I am not going to publish the code yet since its part of a larger Verilog module. But I hope to eventually offer it as stand-alone and as a small CPLD with a memory chip to plug into a socket between a 6502 and its board. The code will then become public domain so that others may enjoy it as well. With all the large MPUs out there, 8-bit code still takes the least space and with more memory may become even more useful in the future.

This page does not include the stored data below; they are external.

//! What inputs are read into: a text, and a copy as long as more bytes can change what it gives.

ghost use Rattle.std.specs.Prelude.{◌≡◌, ◌≤◌, ◌<◌, ◌*◌, ◌↔◌, ℕ, List, Option, Some, None, true, length};
ghost use Rattle.std.specs.Prelude.{IsTrue, IfOk, OnErr, IfSome, IsSomeAnd};
ghost use Rattle.std.specs.Prelude.{if◌then◌else◌};
ghost use Rattle.std.specs.Io.KnownBytes.{Consumes, IsAtEnd};
ghost use Rattle.jls_io.specs.Event.{History, GrewBy};
ghost use Rattle.jls_station.specs.Inputs.{IsEnough, IsCopyDone};
ghost use Rattle.jls_station.specs.KnownCopies.{IsPrefixOf};
ghost use Rattle.jls_station.specs.Reading.{ReadSoFar, IsRead, IsReadInPart};
ghost use Rattle.jls_station.specs.Texts.{is_text};
ghost use Rattle.jls_station.specs.declared.input.ReadStop.TheVariants.{Whole};

use crate::input::ReadStop;
use crate::reading::{Intake, read_on};
use jls_copy::{CopyReader, copies_have_one_course};
use jls_io::Source;
use std::alloc::AllocError;

/// A text, which is read to its end.
struct TextIntake;

impl Intake for TextIntake {
    type Held = Vec<u8>;

    ghost fed = { λ text. if is_text text.items then Some text.items else None };

    ghost IsEnough = { IsEnough };

    fn is_enough(_text: &Vec<u8>) -> bool {
        false
    }

    fn put(text: &mut Vec<u8>, bytes: &[u8]) -> Result<(), AllocError> {
        text.extend_from_slice(bytes)
    }
}

/// A copy, which is read as long as more bytes can change what it gives.
struct CopyIntake;

impl Intake for CopyIntake {
    type Held = CopyReader;

    ghost fed = { λ reader. reader };

    ghost IsEnough = { IsCopyDone };

    fn is_enough(reader: &CopyReader) -> bool {
        copies_have_one_course();
        reader.is_done()
    }

    fn put(reader: &mut CopyReader, bytes: &[u8]) -> Result<(), AllocError> {
        reader.feed(bytes)
    }
}

/// Reads a text on, of which the first read gave these bytes, and adds what the reads give. It goes to the end, or as far as the source
/// goes. In the clauses `before` is what the device had done, or what it had left to give, before the first read.
pub(crate) fn read_text_on<S: Source>(
    device: &mut S,
    bytes: &mut Vec<u8>,
) -> Result<ReadStop, AllocError>
    requires text { is_text bytes.old.items ≡ true }
    requires few { length bytes.old.items ≤ 4096 }
    ensures text { IfOk result (λ stop. is_text bytes.new.items ≡ true) }
    ensures read { (before : History) → GrewBy (ReadSoFar IsEnough 1 bytes.old.items) before (S.history device.old)
        → IfOk result (λ stop. GrewBy (λ reads. IsRead IsEnough reads bytes.new.items stop) before (S.history device.new)) }
    ensures refused { (before : History) → GrewBy (ReadSoFar IsEnough 1 bytes.old.items) before (S.history device.old)
        → OnErr result (GrewBy (IsReadInPart IsEnough) before (S.history device.new)) }
    ensures known { (before : Option (List ℕ)) → Consumes before (S.remaining device.old) bytes.old.items
        → IfOk result (λ stop. Consumes before (S.remaining device.new) bytes.new.items) }
    ensures end { IfOk result (λ stop. stop ≡ Whole → IsAtEnd (S.remaining device.new)) }
{
    read_on::<S, TextIntake>(device, bytes, 1)
}

/// Reads the rest of a copy, after `made` reads have fed the reader. It stops when the reader is done, and when the source ends, fails or
/// has used up its reads. `Err` comes if memory is refused.
pub(crate) fn read_copy_on<S: Source>(
    device: &mut S,
    reader: &mut CopyReader,
    made: u64,
) -> Result<ReadStop, AllocError>
    requires made_few { made ≤ 1 }
    requires fed_few { IsSomeAnd reader.old (λ fed. length fed ≤ 4096 * made) }
    ensures begins { (fed : List ℕ) → reader.old ≡ Some fed → 0 < length fed
        → IfOk result (λ stop. IsSomeAnd reader.new (λ bytes. is_text bytes ≡ is_text fed)) }
    ensures read { (before : History) (fed : List ℕ) → reader.old ≡ Some fed
        → GrewBy (ReadSoFar IsCopyDone made fed) before (S.history device.old)
        → IfOk result (λ stop. IsSomeAnd reader.new (λ bytes. GrewBy (λ reads. IsRead IsCopyDone reads bytes stop) before
        (S.history device.new))) }
    ensures refused { (before : History) (fed : List ℕ) → reader.old ≡ Some fed
        → GrewBy (ReadSoFar IsCopyDone made fed) before (S.history device.old)
        → OnErr result (GrewBy (IsReadInPart IsCopyDone) before (S.history device.new)) }
    ensures known { (before : Option (List ℕ)) (fed : List ℕ) → reader.old ≡ Some fed
        → Consumes before (S.remaining device.old) fed
        → IfOk result (λ stop. IsSomeAnd reader.new (λ prefix. IfSome before (λ bytes. IsPrefixOf bytes prefix stop))) }
{
    read_on::<S, CopyIntake>(device, reader, made)
}
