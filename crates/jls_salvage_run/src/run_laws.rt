//! The laws of whole runs. Each is a function that does nothing and whose contract is the law.

ghost use Rattle.jls_salvage_run.specs.BrokenReads.{BrokenReadsCauseStatus4, StatusesAreAtMost5};
ghost use Rattle.jls_salvage_run.specs.RunLaws.{DoneChecksRan, DoneJoinsRan, DoneShowsRan, DoneWritesRan, UnsettledWritesStop};
ghost use Rattle.jls_salvage_run.specs.Statuses.{FailuresCauseStatus4, InputsCauseStatus3, RefusedRunsCreateNothing};
ghost use Rattle.jls_salvage_run.specs.Statuses.{WantOfMemoryIsReported, WordsCauseStatus2};

/// The words of a run ask for a join, and the run ends with status 0 or 1. Then the join is done under the source that the words name, or
/// under none. The status is 0 if and only if each line of the union is settled. Nothing was reported or printed as a fault.
pub fn done_joins_ran()
    ensures { DoneJoinsRan }
{}

/// The words of a run ask for a trace and a report, and the run ends with status 0 or 1. Then the input was read whole, and nothing else
/// was opened or created. The report output was handed exactly the trace and the report. The status is 0 if and only if each line is
/// settled. Nothing was printed as a fault.
pub fn done_checks_ran()
    ensures { DoneChecksRan }
{}

/// The words of a run ask for a report, and the run ends with status 0 or 1. Then the input was read whole, and nothing else was opened or
/// created. The report output was handed exactly the report of what the input gave. The status is 0 if and only if each line of it is
/// settled. Nothing was printed as a fault.
pub fn done_shows_ran()
    ensures { DoneShowsRan }
{}

/// The words of a run ask for a file, and the run ends with status 0. Then the input was read whole, each of its lines is settled, and the
/// options fit its picture. The output was created after that and handed exactly the file. Nothing was reported or printed as a fault.
pub fn done_writes_ran()
    ensures { DoneWritesRan }
{}

/// The words of a run ask for a file, and the run ends with status 1. Then the input was taken, and no output was created. A line of what
/// the input gave is not settled.
pub fn unsettled_writes_stop()
    ensures { UnsettledWritesStop }
{}

/// If a run ends with status 2, one of three things is so. Clap refused the words, and not to show help. Or the words ask for nothing that
/// there is. Or they ask for a JPEG-LS file, the input was read, and each of its lines is settled. But an interval of the file would be
/// too large.
pub fn words_cause_status_2()
    ensures { WordsCauseStatus2 }
{}

/// If a run ends with status 3, one of the inputs that the words name was refused. The inputs before it were taken, and it was opened.
/// Either it was read whole and is neither the text of a partial picture nor a copy in which a frame was taken. Or what was read of it has
/// another shape than the first input. Nothing else was done.
pub fn inputs_cause_status_3()
    ensures { InputsCauseStatus3 }
{}

/// If a run ends with status 4, something was not opened or created in it, or a read or a write failed. Or as many reads were made as one
/// input can have.
pub fn failures_cause_status_4()
    ensures { FailuresCauseStatus4 }
{}

/// If a run ends with status 2 or 3, no output was created, and nothing was reported.
pub fn refused_runs_create_nothing()
    ensures { RefusedRunsCreateNothing }
{}

/// If a run ends with status 5, it is reported on the fault output that memory ran out.
pub fn want_of_memory_is_reported()
    ensures { WantOfMemoryIsReported }
{}

/// If a run ends with status 4, and all was opened and created and no write failed, then one of two things happened. Either what the words
/// ask for was done with all that was read, though some input was not read whole. Then `join` handed the text of all that was read to its
/// output. `check` and `show` printed exactly the lines of it, and `write` handed out its file. Or the run stopped at an input that was
/// not read whole. That input is a text, or a copy of which no frame was read.
pub fn broken_reads_cause_status_4()
    ensures { BrokenReadsCauseStatus4 }
{}

/// The status of a run is at most 5.
pub fn statuses_are_at_most_5()
    ensures { StatusesAreAtMost5 }
{}
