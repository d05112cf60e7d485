//! Inputs of the program: partial pictures as texts, and damaged copies.

ghost use Rattle.std.specs.Prelude.{◌≡◌, ◌↔◌, ◌<◌, ◌≤◌, ℕ, IsTrue, List, Option, None, Some, true, false, length, IfOk, IfErr, IfSome};
ghost use Rattle.std.specs.Prelude.{OnOk, MatchOption};
ghost use Rattle.std.specs.Io.KnownBytes.{Consumes};
ghost use Rattle.jls_io.specs.Event.{History, GrewBy};
ghost use Rattle.jls_station.specs.Forms.{IsForm, IsAllOf, IsCountedIn, IsGivenBy};
ghost use Rattle.jls_station.specs.Given.{given_by_text, given_of};
ghost use Rattle.jls_station.specs.Inputs.{IsEnough, IsCopyDone, ReadsGive, ReadsRefuse};
ghost use Rattle.jls_station.specs.InputFaults.{input_fault_of};
ghost use Rattle.jls_station.specs.KnownCopies.{BytesGive};
ghost use Rattle.jls_station.specs.KnownInputs.{CountsWithin, RefusesInput};
ghost use Rattle.jls_station.specs.Reading.{IsRead, ReadSoFar};
ghost use Rattle.jls_station.specs.Texts.{is_text, IsTextOf};
ghost use Rattle.jls_station.specs.declared.input.InputFault.TheVariants.{OutOfMemory};
ghost use Rattle.jls_station.specs.declared.input.ReadStop.TheVariants.{Whole};

use crate::copy_end::{CopyGiven, read_of_copy};
use crate::intakes::{read_copy_on, read_text_on};
use crate::reading::prefix;
use crate::take_report::TakeReport;
use jls_copy::{CopyReader, copies_have_one_course};
use jls_io::Source;
use jls_marker::MarkerFault;
use jls_partial::{Partial, TextFault};
use std::alloc::{AllocError, Global};
use std::marker::Model;
use thiserror::Error;

/// How the reading of an input stopped.
#[derive(Clone, Copy, Debug, PartialEq, Eq)]
pub enum ReadStop {
    /// At the end of the input, or at that of a copy, after which no byte changes what it gives.
    Whole,
    /// A read failed.
    Failed,
    /// The last of 4,294,967,295 reads, of at most 4,096 bytes each, was made before the end.
    Turns,
}

/// Why an input is refused.
#[derive(Clone, Copy, Debug, PartialEq, Eq, Error)]
pub enum InputFault {
    /// It begins as a text, and is not the text of a partial picture. This is its first fault.
    #[error("{0}")]
    Text(TextFault),
    /// It is a copy that was read whole and in which no frame was taken: the fault that ended it, and its offset.
    #[error("no picture: {0} at offset {1}")]
    NoPicture(MarkerFault, u64),
    /// The device stopped before its end, after it had given this many bytes. The input is a text, or a copy in which no frame was taken.
    #[error("not read on after {1} bytes, before its end or a frame")]
    Read(ReadStop, u64),
    /// Memory ran out for it.
    #[error("out of memory")]
    OutOfMemory,
}

impl From<AllocError> for InputFault {
    ghost from_gives = { λ _ fault. fault ≡ OutOfMemory };

    fn from(_error: AllocError) -> InputFault {
        InputFault::OutOfMemory
    }
}

/// What was read of an input. Clauses see it as what the input gave.
#[derive(Drop)]
pub struct InputRead {
    partial: Partial,
    copy: Option<TakeReport>,
}

impl Model for InputRead {
    ghost use Rattle.jls_partial.specs.Partial.{coded_partial};
    ghost use Rattle.jls_station.specs.Given.{Given};
    ghost use Rattle.std.specs.Coded.{codes};

    ghost Value = { Given };

    ghost coded = { Prim.hlevel (codes, coded_partial) };

    ghost use Rattle.jls_station.specs.Given.{given_of};

    ghost view = { λ r. given_of r.partial r.copy };
}

impl InputRead {
    fn of_text(partial: Partial) -> InputRead
        ensures { result ≡ given_by_text partial }
    {
        InputRead {
            partial,
            copy: None,
        }
    }

    fn of_copy(partial: Partial, report: TakeReport) -> InputRead
        ensures { result ≡ given_of partial (Some report) }
    {
        InputRead {
            partial,
            copy: Some(report),
        }
    }

    /// The partial picture.
    pub fn partial(&self) -> &Partial
        ensures { result.now ≡ self.now.partial }
    {
        &self.partial
    }

    /// The partial picture alone.
    pub fn into_partial(self) -> Partial
        ensures { result ≡ self.partial }
    {
        let Self { partial, .. } = self;
        partial
    }

    /// The report of a copy. There is none of a text.
    pub fn copy(&self) -> Option<&TakeReport>
        ensures { MatchOption result (self.now.copy ≡ None) (λ report. (self.now.copy ≡ Some report.now.found)
            × (self.now.stop ≡ report.now.stop)) }
    {
        self.copy.as_ref()
    }

    /// Whether the input was read whole (`ReadStop::Whole`), as every text is.
    pub fn is_whole(&self) -> bool
        ensures { IsTrue result ↔ (self.now.stop ≡ Whole) }
    {
        matches!(self.stop(), ReadStop::Whole)
    }

    /// How the reading of the input stopped: `Whole` for each text.
    pub fn stop(&self) -> ReadStop
        ensures { result ≡ self.now.stop }
    {
        match &self.copy {
            Some(report) => report.stop(),
            None => ReadStop::Whole,
        }
    }
}

/// The first byte of each text, and of no copy.
const FIRST_OF_TEXT: u8 = 0x4A;

/// Why an input is refused whose text has a fault.
#[tactic(auto, using(crate::proofs::OneInput::other_input_fault))]
pub fn input_fault(fault: TextFault) -> InputFault
    ensures { result ≡ input_fault_of fault }
{
    match fault {
        TextFault::OutOfMemory => InputFault::OutOfMemory,
        fault => InputFault::Text(fault),
    }
}

/// Reads a text to its end, whose first read gave these bytes, into the room of `text`.
/// In the clauses `before` is what the device had done, or what it had left to give, before the first read.
fn read_text<S: Source>(device: &mut S, first: &[u8], text: &mut Vec<u8>) -> Result<(), InputFault>
    requires text { is_text first.now ≡ true }
    requires few { length first.now ≤ 4096 }
    ensures text { OnOk result (is_text text.new.items ≡ true) }
    ensures read { (before : History) → GrewBy (ReadSoFar IsEnough 1 first.now) before (S.history device.old)
        → OnOk result (GrewBy (λ reads. IsRead IsEnough reads text.new.items Whole) before (S.history device.new)) }
    ensures refused { (before : History) → GrewBy (ReadSoFar IsEnough 1 first.now) before (S.history device.old)
        → IfErr result (λ fault. GrewBy (ReadsRefuse fault) before (S.history device.new)) }
    ensures known { (before : Option (List ℕ)) → Consumes before (S.remaining device.old) first.now
        → OnOk result (IfSome before (λ bytes. bytes ≡ text.new.items)) }
    ensures known_refused { (before : Option (List ℕ)) → Consumes before (S.remaining device.old) first.now
        → IfErr result (λ fault. IfSome before (λ bytes. RefusesInput bytes fault)) }
{
    text.clear();
    text.extend_from_slice(first)?;
    let stop = read_text_on(device, text)?;
    match stop {
        ReadStop::Whole => Ok(()),
        stop => Err(InputFault::Read(stop, text.len() as u64)),
    }
}

/// Reads a copy, whose first read gave these bytes, at least one.
fn read_copy<S: Source>(
    alloc: Global,
    source: Option<u32>,
    device: &mut S,
    first: &[u8],
) -> Result<InputRead, InputFault>
    requires some { 0 < length first.now }
    requires few { length first.now ≤ 4096 }
    requires no_text { is_text first.now ≡ false }
    ensures given { (before : History) → GrewBy (ReadSoFar IsCopyDone 1 first.now) before (S.history device.old)
        → IfOk result (λ given. GrewBy (ReadsGive source given) before (S.history device.new)) }
    ensures refused { (before : History) → GrewBy (ReadSoFar IsCopyDone 1 first.now) before (S.history device.old)
        → IfErr result (λ fault. GrewBy (ReadsRefuse fault) before (S.history device.new)) }
    ensures copy { IfOk result (λ given. given.copy ≡ None → ⊥) }
    ensures known { (before : Option (List ℕ)) → Consumes before (S.remaining device.old) first.now
        → IfOk result (λ given. IfSome before (BytesGive source given.partial given.stop)) }
    ensures known_refused { (before : Option (List ℕ)) → Consumes before (S.remaining device.old) first.now
        → IfErr result (λ fault. IfSome before (λ bytes. RefusesInput bytes fault)) }
    ensures known_count { (before : Option (List ℕ)) → Consumes before (S.remaining device.old) first.now
        → IfOk result (λ given. IfSome before (CountsWithin given)) }
{
    let mut reader = CopyReader::new(alloc);
    reader.feed(first)?;
    let stop = read_copy_on(device, &mut reader, 1)?;
    let given = read_of_copy(source, reader, stop)?;
    let CopyGiven { partial, report } = given;
    Ok(InputRead::of_copy(partial, report))
}

/// What is read of an input.
#[derive(Drop)]
pub enum InputForm {
    /// A text: its bytes stand in the room of texts, and are not judged yet.
    Text,
    /// What a copy gives.
    Copy(InputRead),
}

/// Reads an input as `read_input` does, but does not read a text as a partial picture. The bytes of a text go into `text`, which grows as
/// needed.
pub fn read_form<S: Source>(
    alloc: Global,
    source: Option<u32>,
    device: &mut S,
    text: &mut Vec<u8>,
) -> Result<InputForm, InputFault>
    ensures form { IfOk result (λ form. GrewBy (IsForm source text.new.items form) (S.history device.old) (S.history device.new)) }
    ensures refused { IfErr result (λ fault. GrewBy (ReadsRefuse fault) (S.history device.old) (S.history device.new)) }
    ensures known { IfOk result (λ form. IsAllOf (S.remaining device.old) text.new.items form) }
    ensures known_copy { IfOk result (λ form. IfSome (S.remaining device.old) (IsGivenBy source form)) }
    ensures known_refused { IfErr result (λ fault. IfSome (S.remaining device.old) (λ bytes. RefusesInput bytes fault)) }
    ensures known_count { IfOk result (λ form. IfSome (S.remaining device.old) (IsCountedIn form)) }
{
    copies_have_one_course();
    let mut chunk = [0u8; 4096];
    let count = device
        .read_some(&mut chunk)
        .map_err(|_| InputFault::Read(ReadStop::Failed, 0))?;
    if count == 0 {
        return Err(InputFault::NoPicture(MarkerFault::Ended, 0));
    }
    let first = prefix(&chunk, count);
    if first[0] == FIRST_OF_TEXT {
        read_text(device, first, text)?;
        Ok(InputForm::Text)
    } else {
        let read = read_copy(alloc, source, device, first)?;
        Ok(InputForm::Copy(read))
    }
}

/// What a device gives, from its current position on: a copy under the number of a source if there is one. An input whose first
/// byte is 4A is the text of a partial picture, and is read to its end. Every other input is a damaged copy, the empty one too, and
/// is read as long as more bytes can change what it gives. Reads have room for at most 4,096 bytes, and there are at most
/// 4,294,967,295 of them.
///
/// A copy in which a frame was taken is refused only if memory runs out. What was read before the device stopped is kept, and the report
/// tells why it stopped. A text is refused as `Read` if the device stopped before its end, whatever the bytes are.
pub fn read_input<S: Source>(
    alloc: Global,
    source: Option<u32>,
    device: &mut S,
) -> Result<InputRead, InputFault>
    ensures given { IfOk result (λ given. GrewBy (ReadsGive source given) (S.history device.old) (S.history device.new)) }
    ensures refused { IfErr result (λ fault. GrewBy (ReadsRefuse fault) (S.history device.old) (S.history device.new)) }
    ensures known { IfOk result (λ given. given.copy ≡ None → IfSome (S.remaining device.old) (λ bytes. IsTextOf bytes given.partial)) }
    ensures known_copy { IfOk result (λ given. (given.copy ≡ None → ⊥)
        → IfSome (S.remaining device.old) (BytesGive source given.partial given.stop)) }
    ensures known_refused { IfErr result (λ fault. IfSome (S.remaining device.old) (λ bytes. RefusesInput bytes fault)) }
    ensures known_count { IfOk result (λ given. IfSome (S.remaining device.old) (CountsWithin given)) }
{
    let mut text = Vec::new(alloc);
    let form = read_form(alloc, source, device, &mut text)?;
    match form {
        InputForm::Text => {
            let partial = Partial::from_bytes(alloc, &text).map_err(input_fault)?;
            Ok(InputRead::of_text(partial))
        }
        InputForm::Copy(read) => Ok(read),
    }
}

Thankyou for a rather clear explanation. I must confess that I have not paid much attention to this topic until now. This seems to be well thought out, including about what happens when an interrupt hits during an MMx instruction. Have you tried writing any extensive code examples yet to see if any surprises (pleasant or unpleasant) pop up? It is good news that you plan to provide pre-programmed CPLDs for it, and make the Verilog code public domain.

_________________
http://WilsonMinesCo.com/ lots of 6502 resources
The "second front page" is http://wilsonminesco.com/links.html .
What's an additional VIA among friends, anyhow?

Thanks kakemoms. Is it always the A block or could one use any 4k block?